Goal of the exercise — Check every line below for the word "match" and copy the ones that have it.

Input material —
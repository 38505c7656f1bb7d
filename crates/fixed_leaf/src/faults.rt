//! Why values of arcs are no flow in a box.

ghost use Rattle.std.specs.Prelude.{◌≡◌, ◌≤◌, length};
ghost use Rattle.packing_laws.specs.Instances.{IsAmong};
ghost use Rattle.flow_graph.specs.Chords.{range_at};
ghost use Rattle.fixed_leaf.specs.inner.Priced.{IsAbove, IsBelow, IsRangeFault};

use arc_num::MAX_NUMBERED;
use flow_model::FlowBox;

/// Why values of arcs are no flow in a box.
#[derive(Clone, Copy, Debug, PartialEq, Eq)]
pub(crate) enum Fault {
    /// The value of an arc is below its range.
    Below { arc: u32 },
    /// The value of an arc is above its range.
    Above { arc: u32 },
    /// An item is carried less often than is asked for.
    Unmet { item: u32 },
}

/// Why values are out of their ranges, if some are: the first that is below its own, and else the first above.
pub(crate) fn range_fault(ranges: &FlowBox, values: &[i64]) -> Option<Fault>
    requires size { length values.now ≡ length ranges.now }
    requires few { length values.now ≤ MAX_NUMBERED }
    ensures { IsRangeFault ranges.now values.now result }
{
    if let Some(arc) = first_below(ranges, values) {
        return Some(Fault::Below { arc });
    }
    match first_above(ranges, values) {
        Some(arc) => Some(Fault::Above { arc }),
        None => None,
    }
}

// The first arc whose value is below its range.
fn first_below(ranges: &FlowBox, values: &[i64]) -> Option<u32>
    requires size { length values.now ≡ length ranges.now }
    requires few { length values.now ≤ MAX_NUMBERED }
    ensures { IsBelow ranges.now values.now result }
{
    let mut arc = 0;
    for value in values {
        arc += 1;
        let (lower, _) = range(ranges, arc);
        if *value < i64::from(lower) {
            return Some(arc);
        }
    }
    None
}

// The first arc whose value is above its range.
fn first_above(ranges: &FlowBox, values: &[i64]) -> Option<u32>
    requires size { length values.now ≡ length ranges.now }
    requires few { length values.now ≤ MAX_NUMBERED }
    ensures { IsAbove ranges.now values.now result }
{
    let mut arc = 0;
    for value in values {
        arc += 1;
        let (_, upper) = range(ranges, arc);
        if *value > i64::from(upper) {
            return Some(arc);
        }
    }
    None
}

// The range of an arc.
fn range(ranges: &FlowBox, arc: u32) -> (u32, u32)
    requires { IsAmong arc (length ranges.now) }
    ensures { result ≡ range_at ranges.now arc }
{
    match ranges.range(arc) {
        Some(range) => range,
        None => unreachable!(),
    }
}
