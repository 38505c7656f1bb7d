//! Numbers of the nodes, from which the prices of all arcs come.

ghost use Rattle.std.specs.Prelude.{◌≡◌, ℕ, ◌+◌, ◌^◌, ◌≤◌, pos, ◌+ℤ◌, unsigned_abs, IfOk, length};
ghost use Rattle.fixed_leaf.specs.inner.Nets.{IsForest};
ghost use Rattle.fixed_leaf.specs.inner.Priced.{AreHeights, carried_by, height_in, own_price};

use crate::faults::Fault;
use crate::joints::{Joint, Net};
use arc_num::{MAX_NUMBERED, Memory};
use flow_graph::ArcKind;
use std::alloc::Global;

/// The heights of all nodes: 0 for the sources, and along each tree arc so much more as the arc is priced.
pub(crate) fn tree_heights(
    alloc: Global,
    row: &[ArcKind],
    net: &Net,
    fault: Option<Fault>,
) -> Result<Vec<i64>, Memory>
    requires forest { IsForest net.now.nodes net.now.joints }
    requires size { length row.now ≡ length net.now.joints }
    requires few { length row.now ≤ MAX_NUMBERED }
    ensures size { IfOk result (λ heights. length heights.items ≡ net.now.nodes) }
    ensures heights { IfOk result (λ heights. AreHeights row.now net.now.joints fault heights.items) }
{
    let mut heights = vec![in alloc; 0i64; net.nodes]?;
    climb(row, net.joints.as_slice(), fault, heights.as_mut_slice());
    Ok(heights)
}

// Gives the head of each tree arc its height, the first first.
fn climb(row: &[ArcKind], joints: &[Joint], fault: Option<Fault>, heights: &mut [i64])
    requires forest { IsForest (length heights.old) joints.now }
    requires size { length row.now ≡ length joints.now }
    requires few { length row.now ≤ MAX_NUMBERED }
    requires none { (p : ℕ) → height_in heights.old p ≡ pos 0 }
    ensures size { length heights.new ≡ length heights.old }
    ensures heights { AreHeights row.now joints.now fault heights.new }
{
    for index in 0..joints.len() {
        let joint = &joints[index];
        if joint.tree {
            let rise = rise(fault, index as u32 + 1, &row[index]);
            heights[joint.head] = heights[joint.tail] + rise;
        }
    }
}

// What a tree arc is priced, its item included.
fn rise(fault: Option<Fault>, arc: u32, kind: &ArcKind) -> i64
    ensures value { result ≡ own_price fault arc +ℤ pos (carried_by fault kind.now) }
    ensures small { unsigned_abs result ≤ 2 }
{
    own_price(fault, arc) + carried(fault, kind)
}

// What a tree arc is priced without its item.
fn own_price(fault: Option<Fault>, arc: u32) -> i64
    ensures value { result ≡ own_price fault arc }
    ensures small { unsigned_abs result ≤ 1 }
{
    match fault {
        Some(Fault::Below { arc: low }) if low == arc => 1,
        Some(Fault::Above { arc: high }) if high == arc => -1,
        _ => 0,
    }
}

/// What an arc is priced for its item.
pub(crate) fn carried(fault: Option<Fault>, kind: &ArcKind) -> i64
    ensures value { result ≡ pos (carried_by fault kind.now) }
    ensures small { carried_by fault kind.now ≤ 1 }
{
    match (fault, *kind) {
        (Some(Fault::Unmet { item: unmet }), ArcKind::Piece { item, .. }) if unmet == item => 1,
        _ => 0,
    }
}
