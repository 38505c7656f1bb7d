//! Boxes in which each chord has one value. The chords determine the values of all arcs, so that prices close such a box for
//! what its one flow costs, or show that no flow lies in it.
#![tactic(auto)]

mod chords;
mod faults;
mod heights;
mod joints;
mod leaf;
mod prices;
mod values;

pub use chords::chords_of;
pub use leaf::{FixedLeaf, OnlyFlow, fixed_leaf};
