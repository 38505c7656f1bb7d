//! The arcs of a graph between the nodes of all types in one row.

ghost use Rattle.std.specs.Prelude.{◌≡◌, ℕ, ◌+◌, ◌<◌, ◌≤◌, ◌^◌, All, IfOk, length, false, sum_by, slice_index_or};
ghost use Rattle.packing_laws.specs.Instances.{IsAmong};
ghost use Rattle.flow_graph.specs.Arcs.{numbered, flow_type};
ghost use Rattle.flow_graph.specs.Faithful.{GraphOf};
ghost use Rattle.flow_model.specs.Tallies.{AreStarts};
ghost use Rattle.flow_model.specs.inner.Sums.{IsPlaced, IsTypeIn, head_in, tail_in};
ghost use Rattle.fixed_leaf.specs.inner.Nets.{AreJoints, IsJointAt, IsNetOf, Reaches};

use arc_num::{Listed, MAX_NUMBERED, Memory};
use flow_graph::{ArcKind, FlowGraph, nodes_are_few};
use packing_laws::Instance;
use std::alloc::Global;

/// An arc from one node to another, by their places from 0.
#[derive(Clone, Copy, Debug, PartialEq, Eq)]
pub(crate) struct Joint {
    pub tail: usize,
    pub head: usize,
    /// It is the first arc, bin arcs aside, that ends in its head.
    pub tree: bool,
}

/// All arcs, by number, and how many nodes they join.
#[derive(Debug, Drop)]
pub(crate) struct Net {
    pub nodes: usize,
    pub joints: Listed<Joint>,
}

/// The arcs of a graph.
pub(crate) fn net_of(alloc: Global, instance: &Instance, graph: &FlowGraph) -> Result<Net, Memory>
    requires { GraphOf instance.now graph.now }
    ensures { IfOk result (IsNetOf graph.now) }
{
    instance.known();
    graph.known();
    nodes_are_few();
    let starts = node_starts(alloc, graph)?;
    let nodes = starts[graph.type_count() as usize] as usize;
    let mut reached = vec![in alloc; false; nodes]?;
    let joints = joints_of(alloc, graph, starts.as_slice(), reached.as_mut_slice())?;
    Ok(Net { nodes, joints })
}

// How many nodes no type has, the first, the first two, and so on up to all types.
fn node_starts(alloc: Global, graph: &FlowGraph) -> Result<Vec<u32>, Memory>
    requires { sum_by (λ x. x.nodes) graph.now ≤ MAX_NUMBERED }
    ensures { IfOk result (λ starts. AreStarts graph.now starts.items) }
{
    let mut starts = Vec::new(alloc);
    let mut nodes = 0;
    starts.push(nodes)?;
    for t in 0..graph.type_count() {
        nodes += node_count(graph, t + 1);
        starts.push(nodes)?;
    }
    Ok(starts)
}

// How many nodes a type has.
fn node_count(graph: &FlowGraph, t: u32) -> u32
    requires { IsAmong t (length graph.now) }
    ensures { result ≡ (flow_type graph.now t).nodes }
{
    match graph.node_count(t) {
        Some(nodes) => nodes,
        None => unreachable!(),
    }
}

// All arcs in order, where no node is reached before.
fn joints_of(
    alloc: Global,
    graph: &FlowGraph,
    starts: &[u32],
    reached: &mut [bool],
) -> Result<Listed<Joint>, Memory>
    requires starts { AreStarts graph.now starts.now }
    requires placed { All (IsPlaced (length reached.old) starts.now) (numbered graph.now) }
    requires few { length reached.old < 2 ^ 32 }
    requires none { (p : ℕ) → slice_index_or reached.old p false ≡ false }
    ensures { IfOk result (AreJoints graph.now) }
{
    graph.known();
    let mut joints = Listed::empty(alloc);
    for kind in graph.row() {
        joints.push(next_joint(starts, kind, reached))?;
    }
    Ok(joints)
}

// An arc, where the nodes are told that an arc before it reaches, bin arcs aside. It reaches its head.
fn next_joint(starts: &[u32], kind: &ArcKind, reached: &mut [bool]) -> Joint
    requires placed { IsPlaced (length reached.old) starts.now kind.now }
    requires few { length reached.old < 2 ^ 32 }
    ensures joint { IsJointAt starts.now kind.now reached.old result }
    ensures reached { Reaches starts.now kind.now reached.old reached.new }
{
    let (tail, head) = ends(starts, kind);
    if let ArcKind::Bin { .. } = *kind {
        return Joint {
            tail,
            head,
            tree: false,
        };
    }
    let tree = !reached[head];
    reached[head] = true;
    Joint { tail, head, tree }
}

// The places of the nodes that an arc goes out of and comes into.
fn ends(starts: &[u32], kind: &ArcKind) -> (usize, usize)
    requires of_type { IsTypeIn starts.now kind.now }
    requires tail { 1 ≤ tail_in starts.now kind.now }
    requires head { 1 ≤ head_in starts.now kind.now }
    ensures tail { result.0 + 1 ≡ tail_in starts.now kind.now }
    ensures head { result.1 + 1 ≡ head_in starts.now kind.now }
{
    match *kind {
        ArcKind::Bin { t } => (
            starts[t as usize] as usize - 1,
            starts[t as usize - 1] as usize,
        ),
        ArcKind::Loss { t, tail, head } | ArcKind::Piece { t, tail, head, .. } => {
            let start = starts[t as usize - 1] as usize;
            (start + tail as usize - 1, start + head as usize - 1)
        }
    }
}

Result for this exercise —
    match first_above(ranges, values) {
    match ranges.range(arc) {
    match fault {
    match (fault, *kind) {
    match graph.node_count(t) {
    match *kind {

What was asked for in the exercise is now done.